As of Dec. 31 2022, the group's net debt stood at  €113.4 million, slightly better than the position of  €115.4 million reported at the end of Sept. 2022 and slightly above €94.0 million recorded at the end of 2021.

Within Safilo Gorup's medium term targets, the company said strategies will continue to leverage two main enablers: The end-to-end digitalization of its business model, with the aim of transversally enhancing data analytics, optimizing processes, operations and time to market, and a sustainability roadmap in support of the group’s business targets, driven through an agenda of clear and shared objectives.

Safilo said its group net sales are expected to reach approximately €1.3 billion in 2027, with a 5-year CAGR of around 4 percent driven by a sustained growth of home brands, which are expected to exceed 50 percent of group revenues by the end of the plan.  Smith, Carrera, Blenders and Polaroid will represent the main drivers of future growth.
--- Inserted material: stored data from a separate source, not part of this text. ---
// The sections of a sheet: districts, items and events.
ghost use Rattle.std.specs.Prelude.{◌≡◌, List, ℕ, [], ◌≤◌, IfOk, IfErr};
ghost use Rattle.book.specs.Book.{most_items};
ghost use Rattle.book.specs.Openings.{openings_of};
ghost use Rattle.sheet.specs.declared.events.Event.{Event};
ghost use Rattle.sheet.specs.Readers.{wrong, right, repeat, one_more};
ghost use Rattle.sheet.specs.Events.{event};
ghost use Rattle.sheet.specs.Sections.{code, districts, item, items, events, sheet as whole};
ghost use Rattle.sheet.specs.Told.{Reads, ReadsAs, events_of, sheet_of};

use crate::readers::{Reader, Wrong};
use book::{DISTRICTS, ITEMS, Opening, Openings};

// Where the first event stands, and how many there are.
#[derive(Clone, Copy)]
pub(crate) struct EventsAt {
    pub(crate) first: usize,
    pub(crate) count: usize,
}

// What a sheet says.
#[derive(Clone, Copy)]
pub(crate) struct Sheet {
    pub(crate) districts: usize,
    pub(crate) items: Openings,
    pub(crate) events: EventsAt,
}

impl Reader<'_> {
    // District codes, each above the one before it: the last of them.
    #[tactic(auto, using(crate::proofs::Repeating::repeat_more, crate::proofs::Repeating::repeat_done, crate::proofs::Reading::code_of))]
    fn codes(&mut self, n: usize) -> Result<u8, Wrong>
        ensures { Reads (repeat n code 0) self.old self.new result }
    {
        let mut last = 0;
        for _ in 0..n {
            let at = self.at;
            let code = self.byte()?;
            if code <= last {
                return Err(Wrong(at));
            }
            last = code;
        }
        Ok(last)
    }

    // The count of districts.
    #[tactic(auto, unfolding(crate::specs::Sections::districts))]
    fn districts(&mut self) -> Result<usize, Wrong>
        ensures { Reads districts self.old self.new result }
    {
        let count = self.byte_between(1, DISTRICTS)?;
        self.codes(count)?;
        Ok(count)
    }

    // An item, where there are so many districts.
    #[tactic(auto, using(crate::proofs::Reading::tested_byte), unfolding(crate::specs::Sections::item))]
    fn item(&mut self, districts: usize) -> Result<Opening, Wrong>
        ensures { Reads (item districts) self.old self.new result }
    {
        let at = self.at;
        let district = self.byte()?;
        if districts <= usize::from(district) {
            return Err(Wrong(at));
        }
        let value = self.value()?;
        Ok(Opening { district, value })
    }

    // So many items.
    #[tactic(auto, using(crate::proofs::Repeating::repeat_more, crate::proofs::Repeating::repeat_done), unfolding(crate::specs::Readers::one_more, book::specs::Openings::openings_of))]
    fn items_from(&mut self, districts: usize, n: usize) -> Result<Openings, Wrong>
        requires { n ≤ most_items }
        ensures reads { ReadsAs openings_of (repeat n (one_more (item districts)) []) self.old self.new result }
        ensures count_le_most_items { IfOk result (λ t. t.count ≤ most_items) }
    {
        let none = Opening {
            district: 0,
            value: 0,
        };
        let mut items = [none; ITEMS];
        for row in &mut items[..n] {
            *row = self.item(districts)?;
        }
        Ok(Openings { count: n, items })
    }

    // The items.
    #[tactic(auto, unfolding(crate::specs::Sections::items))]
    fn items(&mut self, districts: usize) -> Result<Openings, Wrong>
        ensures reads { ReadsAs openings_of (items districts) self.old self.new result }
        ensures count_le_most_items { IfOk result (λ t. t.count ≤ most_items) }
    {
        let count = self.byte_between(1, ITEMS)?;
        self.items_from(districts, count)
    }

    // So many events.
    #[tactic(auto, using(crate::proofs::Repeating::repeat_more, crate::proofs::Repeating::repeat_done), unfolding(crate::specs::Readers::one_more))]
    fn events_from(&mut self, n: usize) -> Result<(), Wrong>
        ensures { (es : List Event) × (ReadsAs (λ _. es) (repeat n (one_more event) []) self.old self.new result) }
    {
        for _ in 0..n {
            self.event()?;
        }
        Ok(())
    }

    // The events.
    #[tactic(auto, unfolding(crate::specs::Sections::events))]
    fn events(&mut self) -> Result<EventsAt, Wrong>
        ensures { (es : List Event) × (ReadsAs (λ x. events_of x es) events self.old self.new result) }
    {
        let count = usize::from(self.word()?);
        let first = self.at;
        self.events_from(count)?;
        Ok(EventsAt { first, count })
    }
}

// The whole sheet: its sections, and no byte left over.
#[tactic(auto, using(crate::proofs::Reading::end_past, crate::proofs::Reading::end_left), unfolding(crate::specs::Sections::sheet))]
pub(crate) fn whole(sheet: &[u8]) -> Result<Sheet, Wrong>
    ensures ok { IfOk result (λ x. (es : List Event) × (at : ℕ) × (rest : List ℕ) × (whole sheet.now ≡ right (sheet_of x es) at rest)) }
    ensures err { IfErr result (λ e. whole sheet.now ≡ wrong e.0) }
    ensures count_le_most_items { IfOk result (λ x. x.items.count ≤ most_items) }
{
    let n = sheet.len();
    let mut reader = Reader { sheet, at: 0 };
    let districts = reader.districts()?;
    let items = reader.items(districts)?;
    let events = reader.events()?;
    let end = reader.at;
    if end < n {
        return Err(Wrong(end));
    }
    Ok(Sheet {
        districts,
        items,
        events,
    })
}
The Group will also maintain a great focus on the dynamic development of the licensed portfolio through a careful balancing and accurate diversification of brands.

With regard to the company's Longarone plant, following management’s analysis of possible alternative solutions for the site, the group is now in the process of evaluating a potential transfer of the facility to potential third parties with a view to preserving the know-how of the site and minimizing the social impact.

"While further updates will be provided as the project progresses, Safilo continues to reiterate the importance of its Italian roots, of the Santa Maria di Sala and Bergamo production sites, of the Padua logistic center, and of the company's creative capabilities, which represent a competitive advantage for the group," the company said.